--- DATA PROVIDED Enclosed Below ---
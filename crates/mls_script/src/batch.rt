//! The commands of a batch.
ghost use Rattle.std.specs.Prelude.{◌≡◌, []};
ghost use Rattle.mls_parser.specs.Noted.{GivesPlaced};
ghost use Rattle.mls_script.specs.ReadBatch.{one_of_token, one_verb_at, ends_at, excess_at, looked_at, expect_at};
ghost use Rattle.mls_translang.specs.Event.{most_ones};
ghost use Rattle.mls_script.specs.ReadBatch.{behind_verb, one_at, ones_from, batch_at};

use crate::grammar::{ONE_VERBS, OneVerb, one_among};
use crate::parts::{Look, delete, insert, looking, update};
use crate::query::rows;
use mls_lattice::{Items, Policy};
use mls_parser::{PlacedFault, Reader, TextCause, ill_formed};
use mls_scheme::Schemes;
use mls_tokens::{Sign, Token};
use mls_translang::One;
use std::alloc::Global;

/// How many commands a batch has at most.
const MOST_ONES: usize = 1000;

fn one_of_token(token: &Token) -> Option<OneVerb>
    ensures { result ≡ one_of_token token.now }
{
    match token {
        Token::Word(word) => one_among(&ONE_VERBS, word.as_str()),
        _ => None,
    }
}

/// Passes the verb of a command of a batch, and gives its place too.
fn one_verb(reader: &mut Reader) -> Result<(OneVerb, usize), PlacedFault>
    ensures { GivesPlaced (λ x. ((x.0, x.1), reader.new)) result (one_verb_at reader.old) }
{
    let first = reader.tokens.pop().ok_or(reader.tokens.refused())?;
    let verb = one_of_token(&first.token).ok_or(ill_formed(first.at, TextCause::Expected))?;
    Ok((verb, first.at))
}

/// Passes what stands behind a command: the end of the batch, or a semicolon. Whether it was the end.
#[tactic(auto, unfolding(crate::specs::ReadBatch::ends_at))]
fn ends(reader: &mut Reader) -> Result<bool, PlacedFault>
    ensures { GivesPlaced (λ b. (b, reader.new)) result (ends_at reader.old) }
{
    if reader.takes_sign(Sign::Semicolon).is_some() {
        return Ok(reader.takes_sign(Sign::RightBrace).is_some());
    }
    reader.sign(Sign::RightBrace)?;
    Ok(true)
}

/// Refuses a command more than a batch may have.
#[tactic(auto, unfolding(crate::specs::ReadBatch::excess_at))]
fn excess(reader: &mut Reader) -> Result<Vec<One>, PlacedFault>
    ensures { GivesPlaced (λ v. (v.items, reader.new)) result (excess_at reader.old) }
{
    let (_, at) = one_verb(reader)?;
    Err(ill_formed(at, TextCause::TooLong))
}

fn looked(
    alloc: Global,
    policy: &Policy,
    schemes: &Schemes,
    counts: bool,
    reader: &mut Reader,
) -> Result<One, PlacedFault>
    ensures { GivesPlaced (λ o. (o, reader.new)) result (looked_at policy.now schemes.now counts reader.old) }
{
    let Look {
        relation,
        label,
        query,
    } = looking(alloc, policy, schemes, counts, reader)?;
    Ok(One::View {
        relation,
        label,
        query,
        counts,
    })
}

#[tactic(auto, unfolding(crate::specs::ReadBatch::expect_at))]
fn expect(
    alloc: Global,
    policy: &Policy,
    schemes: &Schemes,
    reader: &mut Reader,
) -> Result<One, PlacedFault>
    ensures { GivesPlaced (λ o. (o, reader.new)) result (expect_at policy.now schemes.now reader.old) }
{
    let rows = rows(reader)?;
    reader.word("count")?;
    let Look {
        relation,
        label,
        query,
    } = looking(alloc, policy, schemes, true, reader)?;
    Ok(One::Expect {
        rows,
        relation,
        label,
        query,
    })
}

fn behind_verb(
    alloc: Global,
    policy: &Policy,
    schemes: &Schemes,
    verb: OneVerb,
    reader: &mut Reader,
) -> Result<One, PlacedFault>
    ensures { GivesPlaced (λ o. (o, reader.new)) result (behind_verb policy.now schemes.now verb reader.old) }
{
    let (relation, write) = match verb {
        OneVerb::View => return looked(alloc, policy, schemes, false, reader),
        OneVerb::Count => return looked(alloc, policy, schemes, true, reader),
        OneVerb::Expect => return expect(alloc, policy, schemes, reader),
        OneVerb::Insert => insert(alloc, schemes, reader)?,
        OneVerb::Update => update(alloc, policy, schemes, reader)?,
        OneVerb::Delete => delete(alloc, policy, schemes, reader)?,
    };
    Ok(One::Write { relation, write })
}

#[tactic(auto, unfolding(crate::specs::ReadBatch::one_at))]
fn one(
    alloc: Global,
    policy: &Policy,
    schemes: &Schemes,
    reader: &mut Reader,
) -> Result<One, PlacedFault>
    ensures { GivesPlaced (λ o. (o, reader.new)) result (one_at policy.now schemes.now reader.old) }
{
    let (verb, _) = one_verb(reader)?;
    behind_verb(alloc, policy, schemes, verb, reader)
}

/// The commands of a batch, with a semicolon between each two, and perhaps one behind the last, up to the brace.
#[tactic(auto, using(crate::proofs::BatchSteps::batch_steps))]
fn ones(
    alloc: Global,
    policy: &Policy,
    schemes: &Schemes,
    reader: &mut Reader,
) -> Result<Vec<One>, PlacedFault>
    ensures { GivesPlaced (λ v. (v.items, reader.new)) result
        (ones_from policy.now schemes.now most_ones [] reader.old) }
{
    let mut ones = Vec::new(alloc);
    for _ in 0..MOST_ONES {
        let one = one(alloc, policy, schemes, reader)?;
        ones.push(one)?;
        if ends(reader)? {
            return Ok(ones);
        }
    }
    excess(reader)
}

/// The commands of a batch, in braces.
#[tactic(auto, unfolding(crate::specs::ReadBatch::batch_at))]
pub(crate) fn batch(
    alloc: Global,
    policy: &Policy,
    schemes: &Schemes,
    reader: &mut Reader,
) -> Result<Items<One>, PlacedFault>
    ensures { GivesPlaced (λ ones. (ones, reader.new)) result (batch_at policy.now schemes.now reader.old) }
{
    reader.sign(Sign::LeftBrace)?;
    let ones = ones(alloc, policy, schemes, reader)?;
    Ok(Items::from(ones))
}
--- End of Enclosed DATA PROVIDED ---
**EXERCISE INSTRUCTIONS**
From the material above, copy exactly the lines between the line holding "behind_verb(alloc, policy, schemes, verb, reader)" and the line holding "let ones = ones(alloc, policy, schemes, reader)?;", inclusive, and only those.

**ANSWER AREA**
    behind_verb(alloc, policy, schemes, verb, reader)
}

/// The commands of a batch, with a semicolon between each two, and perhaps one behind the last, up to the brace.
#[tactic(auto, using(crate::proofs::BatchSteps::batch_steps))]
fn ones(
    alloc: Global,
    policy: &Policy,
    schemes: &Schemes,
    reader: &mut Reader,
) -> Result<Vec<One>, PlacedFault>
    ensures { GivesPlaced (λ v. (v.items, reader.new)) result
        (ones_from policy.now schemes.now most_ones [] reader.old) }
{
    let mut ones = Vec::new(alloc);
    for _ in 0..MOST_ONES {
        let one = one(alloc, policy, schemes, reader)?;
        ones.push(one)?;
        if ends(reader)? {
            return Ok(ones);
        }
    }
    excess(reader)
}

/// The commands of a batch, in braces.
#[tactic(auto, unfolding(crate::specs::ReadBatch::batch_at))]
pub(crate) fn batch(
    alloc: Global,
    policy: &Policy,
    schemes: &Schemes,
    reader: &mut Reader,
) -> Result<Items<One>, PlacedFault>
    ensures { GivesPlaced (λ ones. (ones, reader.new)) result (batch_at policy.now schemes.now reader.old) }
{
    reader.sign(Sign::LeftBrace)?;
    let ones = ones(alloc, policy, schemes, reader)?;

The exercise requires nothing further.